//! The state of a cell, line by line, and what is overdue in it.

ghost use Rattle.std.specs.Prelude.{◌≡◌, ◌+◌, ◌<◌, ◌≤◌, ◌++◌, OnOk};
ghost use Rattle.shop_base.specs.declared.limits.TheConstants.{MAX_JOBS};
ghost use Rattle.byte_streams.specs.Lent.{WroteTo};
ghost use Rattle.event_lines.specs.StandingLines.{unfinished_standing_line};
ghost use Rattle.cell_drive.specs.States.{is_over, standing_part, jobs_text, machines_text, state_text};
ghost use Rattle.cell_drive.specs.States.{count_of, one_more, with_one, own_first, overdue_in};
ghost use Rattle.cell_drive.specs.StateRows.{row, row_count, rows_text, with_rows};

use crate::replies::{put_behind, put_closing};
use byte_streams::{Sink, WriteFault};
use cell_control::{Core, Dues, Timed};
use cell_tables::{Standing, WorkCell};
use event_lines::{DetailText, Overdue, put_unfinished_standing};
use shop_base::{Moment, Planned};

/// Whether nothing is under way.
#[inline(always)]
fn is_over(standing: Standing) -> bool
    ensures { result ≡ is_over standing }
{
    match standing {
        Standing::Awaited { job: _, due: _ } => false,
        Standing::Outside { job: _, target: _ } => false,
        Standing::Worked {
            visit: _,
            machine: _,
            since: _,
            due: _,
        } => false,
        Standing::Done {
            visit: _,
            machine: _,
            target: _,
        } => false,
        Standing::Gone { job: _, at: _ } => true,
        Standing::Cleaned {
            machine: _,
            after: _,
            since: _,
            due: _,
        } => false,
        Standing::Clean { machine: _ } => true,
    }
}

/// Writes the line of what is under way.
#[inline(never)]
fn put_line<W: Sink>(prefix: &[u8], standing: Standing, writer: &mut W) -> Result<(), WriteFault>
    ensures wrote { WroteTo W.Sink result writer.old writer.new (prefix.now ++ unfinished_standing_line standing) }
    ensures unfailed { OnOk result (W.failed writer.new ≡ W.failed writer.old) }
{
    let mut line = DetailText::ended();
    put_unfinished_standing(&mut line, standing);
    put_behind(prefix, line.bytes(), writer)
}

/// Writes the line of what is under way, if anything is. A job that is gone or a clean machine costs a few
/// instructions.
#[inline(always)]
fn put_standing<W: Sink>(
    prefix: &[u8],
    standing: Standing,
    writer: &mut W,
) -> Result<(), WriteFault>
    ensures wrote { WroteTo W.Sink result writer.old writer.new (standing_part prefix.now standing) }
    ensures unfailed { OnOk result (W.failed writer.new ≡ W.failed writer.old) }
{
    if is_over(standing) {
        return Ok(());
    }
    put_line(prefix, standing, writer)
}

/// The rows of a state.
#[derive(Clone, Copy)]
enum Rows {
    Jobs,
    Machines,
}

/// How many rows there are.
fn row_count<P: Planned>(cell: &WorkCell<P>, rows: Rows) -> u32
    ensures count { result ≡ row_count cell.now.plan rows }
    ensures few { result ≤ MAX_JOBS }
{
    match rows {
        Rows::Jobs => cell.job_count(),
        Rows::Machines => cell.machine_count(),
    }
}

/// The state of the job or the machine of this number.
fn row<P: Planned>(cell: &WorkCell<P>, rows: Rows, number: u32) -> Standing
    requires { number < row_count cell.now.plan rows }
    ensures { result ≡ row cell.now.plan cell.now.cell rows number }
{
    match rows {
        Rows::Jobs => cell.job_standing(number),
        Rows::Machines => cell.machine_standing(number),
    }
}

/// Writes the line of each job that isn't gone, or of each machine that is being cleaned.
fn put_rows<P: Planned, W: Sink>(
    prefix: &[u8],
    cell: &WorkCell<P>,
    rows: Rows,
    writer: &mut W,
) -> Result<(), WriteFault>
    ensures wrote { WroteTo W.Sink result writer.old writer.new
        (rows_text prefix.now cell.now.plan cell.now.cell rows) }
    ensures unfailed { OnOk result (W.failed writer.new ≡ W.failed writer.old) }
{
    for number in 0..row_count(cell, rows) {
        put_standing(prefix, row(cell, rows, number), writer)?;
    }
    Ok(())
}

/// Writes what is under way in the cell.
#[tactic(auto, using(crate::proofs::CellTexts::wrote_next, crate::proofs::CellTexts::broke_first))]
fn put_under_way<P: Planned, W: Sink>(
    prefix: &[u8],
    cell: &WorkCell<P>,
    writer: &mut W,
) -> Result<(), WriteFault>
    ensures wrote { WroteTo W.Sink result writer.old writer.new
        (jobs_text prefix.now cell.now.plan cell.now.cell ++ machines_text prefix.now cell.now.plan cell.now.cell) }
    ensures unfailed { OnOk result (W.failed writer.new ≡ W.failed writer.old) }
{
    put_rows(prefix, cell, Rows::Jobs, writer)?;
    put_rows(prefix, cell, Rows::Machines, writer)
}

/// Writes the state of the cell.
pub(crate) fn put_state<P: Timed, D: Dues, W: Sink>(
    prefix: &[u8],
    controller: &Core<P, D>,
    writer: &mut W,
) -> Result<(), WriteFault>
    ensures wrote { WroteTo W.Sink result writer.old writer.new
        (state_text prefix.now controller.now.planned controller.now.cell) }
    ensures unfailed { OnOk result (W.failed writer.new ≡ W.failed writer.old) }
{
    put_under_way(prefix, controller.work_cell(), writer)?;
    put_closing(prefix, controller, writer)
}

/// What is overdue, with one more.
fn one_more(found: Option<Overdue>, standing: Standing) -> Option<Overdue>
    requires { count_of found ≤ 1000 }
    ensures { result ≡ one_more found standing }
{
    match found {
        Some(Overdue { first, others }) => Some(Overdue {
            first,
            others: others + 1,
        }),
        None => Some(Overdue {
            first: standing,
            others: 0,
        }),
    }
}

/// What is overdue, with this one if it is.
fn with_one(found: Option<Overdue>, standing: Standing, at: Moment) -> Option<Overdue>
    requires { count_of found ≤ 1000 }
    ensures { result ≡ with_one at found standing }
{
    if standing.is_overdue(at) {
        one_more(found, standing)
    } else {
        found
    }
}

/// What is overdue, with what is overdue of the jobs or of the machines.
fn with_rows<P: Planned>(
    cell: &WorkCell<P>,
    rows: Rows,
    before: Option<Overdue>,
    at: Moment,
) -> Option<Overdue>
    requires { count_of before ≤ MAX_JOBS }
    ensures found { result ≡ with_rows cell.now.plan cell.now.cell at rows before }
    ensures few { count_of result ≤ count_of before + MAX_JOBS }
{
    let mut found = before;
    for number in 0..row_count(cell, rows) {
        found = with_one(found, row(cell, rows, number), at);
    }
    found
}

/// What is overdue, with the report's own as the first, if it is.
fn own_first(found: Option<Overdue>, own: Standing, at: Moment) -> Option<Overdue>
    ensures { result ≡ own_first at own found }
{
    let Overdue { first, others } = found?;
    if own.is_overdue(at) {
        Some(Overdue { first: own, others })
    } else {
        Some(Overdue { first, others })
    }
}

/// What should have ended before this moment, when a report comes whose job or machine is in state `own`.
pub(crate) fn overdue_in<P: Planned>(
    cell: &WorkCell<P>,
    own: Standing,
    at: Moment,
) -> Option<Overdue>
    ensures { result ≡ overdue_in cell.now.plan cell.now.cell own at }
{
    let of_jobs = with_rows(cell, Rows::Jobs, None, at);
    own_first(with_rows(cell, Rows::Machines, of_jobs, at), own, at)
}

★ ★ ★ ★

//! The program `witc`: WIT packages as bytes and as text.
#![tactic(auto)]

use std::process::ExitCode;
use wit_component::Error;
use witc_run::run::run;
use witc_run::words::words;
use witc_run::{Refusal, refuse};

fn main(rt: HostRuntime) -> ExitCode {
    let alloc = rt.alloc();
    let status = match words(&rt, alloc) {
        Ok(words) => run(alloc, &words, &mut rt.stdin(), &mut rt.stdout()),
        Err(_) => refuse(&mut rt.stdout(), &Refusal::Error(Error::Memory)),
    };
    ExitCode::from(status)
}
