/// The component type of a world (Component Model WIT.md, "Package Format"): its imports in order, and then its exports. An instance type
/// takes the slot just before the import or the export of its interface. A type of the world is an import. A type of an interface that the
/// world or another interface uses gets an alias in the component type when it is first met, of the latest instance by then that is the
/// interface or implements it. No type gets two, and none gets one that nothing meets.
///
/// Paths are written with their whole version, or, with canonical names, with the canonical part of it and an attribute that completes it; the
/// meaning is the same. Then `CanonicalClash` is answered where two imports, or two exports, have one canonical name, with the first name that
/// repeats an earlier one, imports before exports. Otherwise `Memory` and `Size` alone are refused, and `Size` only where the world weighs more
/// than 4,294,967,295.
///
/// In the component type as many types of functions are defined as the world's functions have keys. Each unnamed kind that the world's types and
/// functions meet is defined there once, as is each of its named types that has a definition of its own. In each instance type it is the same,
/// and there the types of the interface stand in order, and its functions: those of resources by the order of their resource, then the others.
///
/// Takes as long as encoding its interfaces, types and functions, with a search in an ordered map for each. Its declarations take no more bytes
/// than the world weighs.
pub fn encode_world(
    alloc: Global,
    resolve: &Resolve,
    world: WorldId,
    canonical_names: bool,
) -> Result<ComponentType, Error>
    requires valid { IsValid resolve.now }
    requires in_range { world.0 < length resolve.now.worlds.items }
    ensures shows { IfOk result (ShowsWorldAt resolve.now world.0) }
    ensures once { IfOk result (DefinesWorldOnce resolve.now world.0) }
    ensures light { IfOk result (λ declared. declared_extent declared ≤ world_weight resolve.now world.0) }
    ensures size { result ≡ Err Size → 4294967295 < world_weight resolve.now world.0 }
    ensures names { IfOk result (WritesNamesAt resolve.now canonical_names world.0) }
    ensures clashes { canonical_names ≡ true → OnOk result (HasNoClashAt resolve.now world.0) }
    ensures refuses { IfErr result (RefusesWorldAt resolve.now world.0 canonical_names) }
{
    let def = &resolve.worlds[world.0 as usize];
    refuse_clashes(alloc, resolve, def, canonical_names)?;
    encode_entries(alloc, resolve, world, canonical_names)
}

★ ★ ★ ★

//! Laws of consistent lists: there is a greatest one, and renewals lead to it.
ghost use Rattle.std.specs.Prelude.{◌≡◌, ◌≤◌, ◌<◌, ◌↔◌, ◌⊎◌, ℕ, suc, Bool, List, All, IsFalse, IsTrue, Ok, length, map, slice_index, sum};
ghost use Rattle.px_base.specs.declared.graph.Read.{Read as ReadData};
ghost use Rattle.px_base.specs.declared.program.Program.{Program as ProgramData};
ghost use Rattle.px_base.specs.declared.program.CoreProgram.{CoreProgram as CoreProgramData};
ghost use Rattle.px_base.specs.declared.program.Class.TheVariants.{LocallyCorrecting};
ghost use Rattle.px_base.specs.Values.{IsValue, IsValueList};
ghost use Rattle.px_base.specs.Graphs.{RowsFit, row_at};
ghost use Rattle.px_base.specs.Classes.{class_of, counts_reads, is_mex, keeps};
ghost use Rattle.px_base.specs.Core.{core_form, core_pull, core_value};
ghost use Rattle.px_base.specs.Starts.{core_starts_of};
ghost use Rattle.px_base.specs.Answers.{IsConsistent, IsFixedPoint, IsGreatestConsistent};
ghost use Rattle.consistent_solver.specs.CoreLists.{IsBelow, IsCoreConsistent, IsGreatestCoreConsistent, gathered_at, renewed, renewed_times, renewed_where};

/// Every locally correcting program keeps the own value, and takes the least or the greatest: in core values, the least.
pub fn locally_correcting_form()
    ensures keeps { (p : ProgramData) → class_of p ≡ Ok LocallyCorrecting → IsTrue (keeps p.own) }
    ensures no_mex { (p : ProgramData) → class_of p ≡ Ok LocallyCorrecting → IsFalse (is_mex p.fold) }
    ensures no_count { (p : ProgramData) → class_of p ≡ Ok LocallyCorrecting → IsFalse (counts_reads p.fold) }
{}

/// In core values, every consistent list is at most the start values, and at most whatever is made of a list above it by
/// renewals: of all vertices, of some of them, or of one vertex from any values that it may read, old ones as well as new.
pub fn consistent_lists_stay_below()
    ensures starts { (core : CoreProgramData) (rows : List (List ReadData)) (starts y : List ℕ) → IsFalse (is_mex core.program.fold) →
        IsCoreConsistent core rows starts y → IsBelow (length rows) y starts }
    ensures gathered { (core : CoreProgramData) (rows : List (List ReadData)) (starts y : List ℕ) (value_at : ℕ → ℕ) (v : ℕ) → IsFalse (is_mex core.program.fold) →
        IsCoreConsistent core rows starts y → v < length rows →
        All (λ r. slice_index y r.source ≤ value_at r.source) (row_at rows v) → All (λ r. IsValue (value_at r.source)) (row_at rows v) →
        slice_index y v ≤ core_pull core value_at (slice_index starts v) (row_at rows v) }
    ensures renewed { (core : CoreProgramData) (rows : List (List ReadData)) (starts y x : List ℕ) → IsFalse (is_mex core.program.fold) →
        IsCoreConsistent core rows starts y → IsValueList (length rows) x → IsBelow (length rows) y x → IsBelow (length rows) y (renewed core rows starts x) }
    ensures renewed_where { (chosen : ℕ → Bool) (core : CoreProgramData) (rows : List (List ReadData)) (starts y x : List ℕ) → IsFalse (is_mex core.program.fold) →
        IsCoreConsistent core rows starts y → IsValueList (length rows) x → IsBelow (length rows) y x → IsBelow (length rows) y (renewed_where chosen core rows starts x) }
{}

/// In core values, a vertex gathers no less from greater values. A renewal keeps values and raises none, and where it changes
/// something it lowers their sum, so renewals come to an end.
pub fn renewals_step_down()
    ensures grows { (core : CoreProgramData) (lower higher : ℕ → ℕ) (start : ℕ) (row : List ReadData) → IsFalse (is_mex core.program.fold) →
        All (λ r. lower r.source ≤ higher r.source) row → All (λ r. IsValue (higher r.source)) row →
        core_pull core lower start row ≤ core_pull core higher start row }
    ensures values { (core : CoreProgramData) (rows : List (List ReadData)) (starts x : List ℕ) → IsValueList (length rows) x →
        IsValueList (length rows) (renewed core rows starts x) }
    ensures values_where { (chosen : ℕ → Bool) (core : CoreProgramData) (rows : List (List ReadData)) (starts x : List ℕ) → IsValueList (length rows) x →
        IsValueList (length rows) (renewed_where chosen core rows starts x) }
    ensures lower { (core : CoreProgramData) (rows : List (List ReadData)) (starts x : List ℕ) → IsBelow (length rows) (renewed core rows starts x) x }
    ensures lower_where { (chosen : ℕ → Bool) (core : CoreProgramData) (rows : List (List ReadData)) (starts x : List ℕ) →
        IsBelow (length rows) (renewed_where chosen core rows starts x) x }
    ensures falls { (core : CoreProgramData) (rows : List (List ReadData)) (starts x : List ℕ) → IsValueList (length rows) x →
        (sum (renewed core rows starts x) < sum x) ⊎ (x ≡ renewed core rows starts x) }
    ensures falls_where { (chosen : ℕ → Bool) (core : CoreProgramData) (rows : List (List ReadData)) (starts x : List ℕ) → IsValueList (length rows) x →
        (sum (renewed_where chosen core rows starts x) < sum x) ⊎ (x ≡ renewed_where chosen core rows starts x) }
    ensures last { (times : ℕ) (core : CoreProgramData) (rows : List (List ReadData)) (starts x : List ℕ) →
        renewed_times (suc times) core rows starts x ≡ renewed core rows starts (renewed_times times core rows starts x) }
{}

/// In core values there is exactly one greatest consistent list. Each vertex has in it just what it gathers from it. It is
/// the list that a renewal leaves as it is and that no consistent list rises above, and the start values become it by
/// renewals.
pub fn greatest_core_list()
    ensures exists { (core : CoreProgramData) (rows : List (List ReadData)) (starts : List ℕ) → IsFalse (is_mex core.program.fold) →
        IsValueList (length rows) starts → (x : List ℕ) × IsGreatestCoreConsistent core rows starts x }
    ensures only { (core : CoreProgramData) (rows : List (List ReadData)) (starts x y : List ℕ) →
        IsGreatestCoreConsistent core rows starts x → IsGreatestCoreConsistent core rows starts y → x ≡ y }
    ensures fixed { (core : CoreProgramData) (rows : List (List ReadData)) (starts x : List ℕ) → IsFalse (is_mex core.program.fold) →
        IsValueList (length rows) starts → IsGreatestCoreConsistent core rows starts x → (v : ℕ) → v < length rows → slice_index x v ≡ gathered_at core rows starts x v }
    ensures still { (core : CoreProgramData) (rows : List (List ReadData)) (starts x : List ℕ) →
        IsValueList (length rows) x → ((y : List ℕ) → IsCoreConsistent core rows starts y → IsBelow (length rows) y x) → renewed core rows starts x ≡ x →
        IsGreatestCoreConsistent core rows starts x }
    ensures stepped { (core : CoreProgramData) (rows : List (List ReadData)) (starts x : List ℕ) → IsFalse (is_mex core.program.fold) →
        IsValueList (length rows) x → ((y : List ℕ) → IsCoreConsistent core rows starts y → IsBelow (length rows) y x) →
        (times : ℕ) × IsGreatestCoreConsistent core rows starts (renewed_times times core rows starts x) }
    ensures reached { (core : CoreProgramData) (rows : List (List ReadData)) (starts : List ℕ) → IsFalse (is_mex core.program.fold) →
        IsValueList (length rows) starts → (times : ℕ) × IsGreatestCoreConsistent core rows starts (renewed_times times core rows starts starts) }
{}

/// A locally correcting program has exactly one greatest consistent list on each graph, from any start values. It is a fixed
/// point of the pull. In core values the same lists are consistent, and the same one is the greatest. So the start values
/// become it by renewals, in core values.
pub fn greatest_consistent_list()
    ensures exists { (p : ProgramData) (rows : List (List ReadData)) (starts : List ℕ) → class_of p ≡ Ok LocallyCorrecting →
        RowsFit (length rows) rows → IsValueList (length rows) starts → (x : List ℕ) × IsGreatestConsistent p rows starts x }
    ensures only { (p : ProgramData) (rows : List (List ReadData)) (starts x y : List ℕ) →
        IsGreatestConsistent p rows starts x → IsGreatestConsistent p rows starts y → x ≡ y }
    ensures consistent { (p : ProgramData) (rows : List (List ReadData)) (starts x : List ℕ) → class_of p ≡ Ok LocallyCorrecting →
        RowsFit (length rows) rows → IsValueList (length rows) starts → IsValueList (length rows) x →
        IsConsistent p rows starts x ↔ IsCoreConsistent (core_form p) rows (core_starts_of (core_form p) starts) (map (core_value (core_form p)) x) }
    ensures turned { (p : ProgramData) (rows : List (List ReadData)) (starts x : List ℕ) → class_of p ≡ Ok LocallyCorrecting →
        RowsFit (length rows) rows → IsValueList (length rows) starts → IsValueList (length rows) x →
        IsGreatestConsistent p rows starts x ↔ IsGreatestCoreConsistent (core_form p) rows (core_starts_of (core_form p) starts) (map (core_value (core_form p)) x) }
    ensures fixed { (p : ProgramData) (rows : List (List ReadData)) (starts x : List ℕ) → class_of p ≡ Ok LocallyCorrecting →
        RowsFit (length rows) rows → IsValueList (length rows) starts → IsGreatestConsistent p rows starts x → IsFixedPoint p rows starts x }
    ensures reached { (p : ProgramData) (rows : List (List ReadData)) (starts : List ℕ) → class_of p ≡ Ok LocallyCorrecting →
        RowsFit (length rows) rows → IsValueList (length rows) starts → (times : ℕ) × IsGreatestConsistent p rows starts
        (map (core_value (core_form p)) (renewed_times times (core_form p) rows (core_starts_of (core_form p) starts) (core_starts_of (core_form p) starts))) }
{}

★ ★ ★ ★

__Activity__.
Beginning with the line that has "put_rows(prefix, cell, Rows::Jobs, writer)?;" and ending with the line that has "count_of before ≤", set down the lines above exactly and include no others.

__Exercise solution__.
    put_rows(prefix, cell, Rows::Jobs, writer)?;
    put_rows(prefix, cell, Rows::Machines, writer)
}

/// Writes the state of the cell.
pub(crate) fn put_state<P: Timed, D: Dues, W: Sink>(
    prefix: &[u8],
    controller: &Core<P, D>,
    writer: &mut W,
) -> Result<(), WriteFault>
    ensures wrote { WroteTo W.Sink result writer.old writer.new
        (state_text prefix.now controller.now.planned controller.now.cell) }
    ensures unfailed { OnOk result (W.failed writer.new ≡ W.failed writer.old) }
{
    put_under_way(prefix, controller.work_cell(), writer)?;
    put_closing(prefix, controller, writer)
}

/// What is overdue, with one more.
fn one_more(found: Option<Overdue>, standing: Standing) -> Option<Overdue>
    requires { count_of found ≤ 1000 }
    ensures { result ≡ one_more found standing }
{
    match found {
        Some(Overdue { first, others }) => Some(Overdue {
            first,
            others: others + 1,
        }),
        None => Some(Overdue {
            first: standing,
            others: 0,
        }),
    }
}

/// What is overdue, with this one if it is.
fn with_one(found: Option<Overdue>, standing: Standing, at: Moment) -> Option<Overdue>
    requires { count_of found ≤ 1000 }
    ensures { result ≡ with_one at found standing }
{
    if standing.is_overdue(at) {
        one_more(found, standing)
    } else {
        found
    }
}

/// What is overdue, with what is overdue of the jobs or of the machines.
fn with_rows<P: Planned>(
    cell: &WorkCell<P>,
    rows: Rows,
    before: Option<Overdue>,
    at: Moment,
) -> Option<Overdue>
    requires { count_of before ≤ MAX_JOBS }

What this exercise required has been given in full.